Chief Judge of the United States Court of Appeals for Veterans Claims
- In office December 4, 2019 – September 19, 2024
- Preceded by: Robert N. Davis
- Succeeded by: Michael P. Allen

Judge of the United States Court of Appeals for Veterans Claims
- In office June 28, 2012 – 2026
- Appointed by: Barack Obama
- Preceded by: Seat established
- Succeeded by: Vacant

Personal details
- Born: Margaret Ciszek December 21, 1959 (age 66) Pittsburgh, Pennsylvania, U.S.
- Party: Democratic
- Education: Pennsylvania State University, University Park (BA) American University (JD)

= Margaret Bartley =

American judge (born 1959)

Margaret Bartley (née Ciszek; born December 21, 1959) is an American lawyer and judge from Maryland. She is a senior judge on the United States Court of Appeals for Veterans Claims.

==Education ==
Bartley received a Bachelor of Arts, cum laude, from Pennsylvania State University in 1981 and a Juris Doctor, cum laude, from the American University Washington College of Law in 1993.

== Career ==
From 1982 to 1983 she was an assistant to an account executive and later a receptionist at CIMA (Corporate Insurance Management) in Woodbridge, Virginia. In 1981 and 1983 she was morning manager and later a counter clerk at Debonair Cleaners in Washington, DC. In 1984 she was a kitchen manager and later a cook for Homespun, Inc. From 1985 to early 1986 she was an administrative assistant to Stanley Kaplan, an optometrist. From 1987 to 1988 she was a data entry clerk for the Committee in Solidarity with the People of El Salvador. From 1988 to 1989 she was an administrative assistant and later secretary to Kelly Temporary Services.
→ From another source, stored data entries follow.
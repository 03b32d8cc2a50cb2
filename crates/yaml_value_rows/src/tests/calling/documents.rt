//! Documents, from their nodes to bytes.
ghost use Rattle.std.specs.Prelude.{◌≡◌, true, false};

use super::events::{emit_words, emitter_with_output};
use crate::tests::{answers, equal, same};
use std::alloc::{AllocError, Global};
use std::process::Abort;
use yaml_dump::{
    NodeNumber, YAML_ANY_SCALAR_STYLE, YAML_BLOCK_MAPPING_STYLE, YAML_FLOW_SEQUENCE_STYLE,
    YAML_MAP_TAG, YAML_SEQ_TAG, YAML_STR_TAG, document_events, emit_each, yaml_document_t,
    yaml_emitter_close, yaml_emitter_dump, yaml_emitter_dump_typed, yaml_emitter_initialize,
    yaml_emitter_open, yaml_emitter_set_output_string, yaml_emitter_set_width, yaml_emitter_t,
    yaml_error_t, yaml_node_data_t, yaml_node_pair_t, yaml_node_t,
};

/// Returns a document as YAML of at most `limit` bytes, in which each node keeps its type.
fn yaml_of(
    alloc: Global,
    document: yaml_document_t<Global>,
    limit: usize,
) -> Result<Vec<u8>, yaml_error_t> {
    let mut emitter = yaml_emitter_initialize(alloc)?;
    yaml_emitter_set_output_string(&mut emitter, limit);
    yaml_emitter_set_width(&mut emitter, -1);
    yaml_emitter_dump_typed(alloc, &mut emitter, document)?;
    yaml_emitter_close(&mut emitter)?;
    Vec::from_slice(alloc, emitter.output()).map_err(|_| yaml_error_t::Memory)
}

/// Returns a string as a node.
fn text_node(alloc: Global, value: &str) -> Result<yaml_node_t<Global>, AllocError> {
    Ok(yaml_node_t {
        tag: String::from_str(alloc, YAML_STR_TAG)?,
        contents: yaml_node_data_t::Scalar {
            value: String::from_str(alloc, value)?,
            style: YAML_ANY_SCALAR_STYLE,
        },
    })
}

/// Returns a sequence of the nodes of these numbers.
fn sequence_node(alloc: Global, items: &[i32]) -> Result<yaml_node_t<Global>, AllocError> {
    Ok(yaml_node_t {
        tag: String::from_str(alloc, YAML_SEQ_TAG)?,
        contents: yaml_node_data_t::Sequence {
            items: Vec::from_slice(alloc, items)?,
            style: YAML_FLOW_SEQUENCE_STYLE,
        },
    })
}

/// Returns a mapping of the node of one number to that of another.
fn mapping_node(alloc: Global, key: i32, value: i32) -> Result<yaml_node_t<Global>, AllocError> {
    let pair = yaml_node_pair_t { key, value };
    Ok(yaml_node_t {
        tag: String::from_str(alloc, YAML_MAP_TAG)?,
        contents: yaml_node_data_t::Mapping {
            pairs: Vec::from_slice(alloc, &[pair])?,
            style: YAML_BLOCK_MAPPING_STYLE,
        },
    })
}

/// Returns a document of these nodes, numbered from 1; the first is the root.
fn document_of(
    alloc: Global,
    nodes: Vec<yaml_node_t<Global>>,
) -> Result<yaml_document_t<Global>, NodeNumber> {
    if nodes.len() > 1_000 {
        return Err(NodeNumber(0));
    }
    yaml_document_t::from_nodes(None, Vec::new(alloc), nodes, true, true)
}

/// Dumps two documents into one stream; the second has no nodes, which closes the stream.
fn dump_both(
    alloc: Global,
    emitter: &mut yaml_emitter_t<Global>,
    first: yaml_document_t<Global>,
    empty: yaml_document_t<Global>,
) -> Result<(), yaml_error_t>
    requires output { emitter.old.has_output ≡ true }
    requires not_opened { emitter.old.opened ≡ false }
{
    yaml_emitter_open(emitter)?;
    yaml_emitter_dump(alloc, emitter, first)?;
    yaml_emitter_dump(alloc, emitter, empty)
}

/// Gives the nodes of a document without its directives, in a stream whose start was emitted as an event.
fn emit_bare(
    alloc: Global,
    emitter: &mut yaml_emitter_t<Global>,
    document: yaml_document_t<Global>,
) -> Result<(), yaml_error_t>
    requires { emitter.old.has_output ≡ true }
    ensures { emitter.new.has_output ≡ true }
{
    if let Some(error) = emitter.error() {
        return Err(error);
    }
    emitter.mark_opened();
    let events = document_events(alloc, &document.bare())?;
    emit_each(emitter, events)
}

/// Closes the stream if it was opened and no call has failed.
fn close_if_open(emitter: &mut yaml_emitter_t<Global>) -> Result<(), yaml_error_t> {
    if let Some(error) = emitter.error() {
        return Err(error);
    }
    if !emitter.is_opened() {
        return Ok(());
    }
    yaml_emitter_close(emitter)
}

/// Returns a document of a mapping of node 2 to the node of this number, and of these texts, from node 2 on.
fn mapping(
    rt: &impl Abort,
    alloc: Global,
    value: i32,
    texts: &[&str],
) -> Result<yaml_document_t<Global>, NodeNumber> {
    let mut nodes = Vec::new(alloc);
    let pair = mapping_node(alloc, 2, value).expect(rt, "no memory");
    nodes.push(pair).expect(rt, "no memory");
    for text in texts {
        let node = text_node(alloc, text).expect(rt, "no memory");
        nodes.push(node).expect(rt, "no memory");
    }
    document_of(alloc, nodes)
}

/// Returns a document of a mapping of `name` to a text.
fn named(rt: &impl Abort, alloc: Global) -> yaml_document_t<Global> {
    let document = mapping(rt, alloc, 3, &["name", "beta"]);
    document.expect(rt, "each number names a node")
}

/// Checks that the document of a mapping of one text to another is written so.
fn check_written(rt: &impl Abort, alloc: Global, texts: &[&str], expected: &str) {
    let document = mapping(rt, alloc, 3, texts).expect(rt, "each number names a node");
    equal(rt, &document.node_count(), &3);
    answers(rt, yaml_of(alloc, document, 100), &Ok(expected));
}

#[test]
fn a_document_is_written_where_each_number_names_a_node(rt: HostRuntime) {
    check_written(&rt, rt.alloc(), &["name", "beta"], "name: beta\n");
    check_written(&rt, rt.alloc(), &["country", "no"], "country: 'no'\n");
    let refused = mapping(&rt, rt.alloc(), 4, &["name", "beta"]).err();
    equal(&rt, &refused, &Some(NodeNumber(4)));
}

/// Returns a document of a mapping of `both` to a sequence that has one node twice.
fn twice(rt: &impl Abort, alloc: Global) -> yaml_document_t<Global> {
    let mut nodes = Vec::new(alloc);
    for node in [
        mapping_node(alloc, 2, 3),
        text_node(alloc, "both"),
        sequence_node(alloc, &[4, 4]),
        text_node(alloc, "beta"),
    ] {
        let node = node.expect(rt, "no memory");
        nodes.push(node).expect(rt, "no memory");
    }
    document_of(alloc, nodes).expect(rt, "each number names a node")
}

#[test]
fn a_sequence_has_a_node_twice(rt: HostRuntime) {
    let bytes = yaml_of(rt.alloc(), twice(&rt, rt.alloc()), 100);
    answers(&rt, bytes, &Ok("both: [&id001 beta, *id001]\n"));
}

/// Returns a document of a mapping that is its own value.
fn circle(rt: &impl Abort, alloc: Global) -> yaml_document_t<Global> {
    mapping(rt, alloc, 1, &["me"]).expect(rt, "each number names a node")
}

/// Dumps two documents: the first is a mapping that is its own value, and the second is empty.
fn check_circle(
    rt: &impl Abort,
    alloc: Global,
    emitter: &mut yaml_emitter_t<Global>,
    empty: yaml_document_t<Global>,
)
    requires output { emitter.old.has_output ≡ true }
    requires not_opened { emitter.old.opened ≡ false }
{
    equal(rt, &empty.is_empty(), &true);
    let answer = dump_both(alloc, emitter, circle(rt, alloc), empty);
    equal(rt, &answer, &Ok(()));
    same(rt, emitter.output(), "&id001\nme: *id001\n");
}

#[test]
fn a_node_met_twice_has_an_anchor(rt: HostRuntime) {
    let circle = circle(&rt, rt.alloc());
    let events = document_events(rt.alloc(), &circle);
    equal(&rt, &events.expect(&rt, "no memory").len(), &6);
    drop(circle);
    let empty = document_of(rt.alloc(), Vec::new(rt.alloc()));
    let mut emitter = emitter_with_output(&rt, rt.alloc());
    let empty = empty.expect(&rt, "there are no numbers");
    check_circle(&rt, rt.alloc(), &mut emitter, empty);
    drop(emitter);
}

/// Checks that a document's nodes follow the start of a stream.
fn check_bare(rt: &impl Abort, alloc: Global, emitter: &mut yaml_emitter_t<Global>)
    requires { emitter.old.has_output ≡ true }
{
    let started = emit_words(rt, alloc, emitter, "stream");
    let answer = emit_bare(alloc, emitter, named(rt, alloc));
    equal(rt, &(started, answer), &(Ok(()), Ok(())));
    equal(rt, &emitter.is_opened(), &true);
    same(rt, emitter.output(), "name: beta\n");
}

#[test]
fn nodes_follow_a_stream_start(rt: HostRuntime) {
    let mut emitter = emitter_with_output(&rt, rt.alloc());
    check_bare(&rt, rt.alloc(), &mut emitter);
    drop(emitter);
}

/// Returns how the call ends, and whether the stream is then closed.
fn closed(emitter: &mut yaml_emitter_t<Global>) -> (Result<(), yaml_error_t>, bool) {
    let answer = close_if_open(emitter);
    (answer, emitter.is_closed())
}

/// Checks that an open stream is closed.
fn check_opened(rt: &impl Abort, emitter: &mut yaml_emitter_t<Global>)
    requires output { emitter.old.has_output ≡ true }
    requires not_opened { emitter.old.opened ≡ false }
{
    equal(rt, &yaml_emitter_open(emitter), &Ok(()));
    equal(rt, &closed(emitter), &(Ok(()), true));
}

#[test]
fn an_open_stream_is_closed(rt: HostRuntime) {
    let mut emitter = yaml_emitter_initialize(rt.alloc()).expect(&rt, "no memory");
    equal(&rt, &closed(&mut emitter), &(Ok(()), false));
    drop(emitter);
    let mut emitter = emitter_with_output(&rt, rt.alloc());
    check_opened(&rt, &mut emitter);
    drop(emitter);
}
She was thereafter a law clerk to Judge Jonathan R. Steinberg of the Court of Appeals for Veterans Claims. She then worked as a staff attorney, and then senior staff attorney, for the National Veterans Legal Services Program, serving as editor in chief of that organization's quarterly report, and served as Director of Outreach and Education for the Veterans Consortium Pro Bono Program from 2005 to 2012. Since 2000, she has served as an assistant editor and later editor of the Veterans Advocate. From 1991 to 1993 she was a Dean's Fellow to Professor Nancy Polikoff at the Washington College of Law.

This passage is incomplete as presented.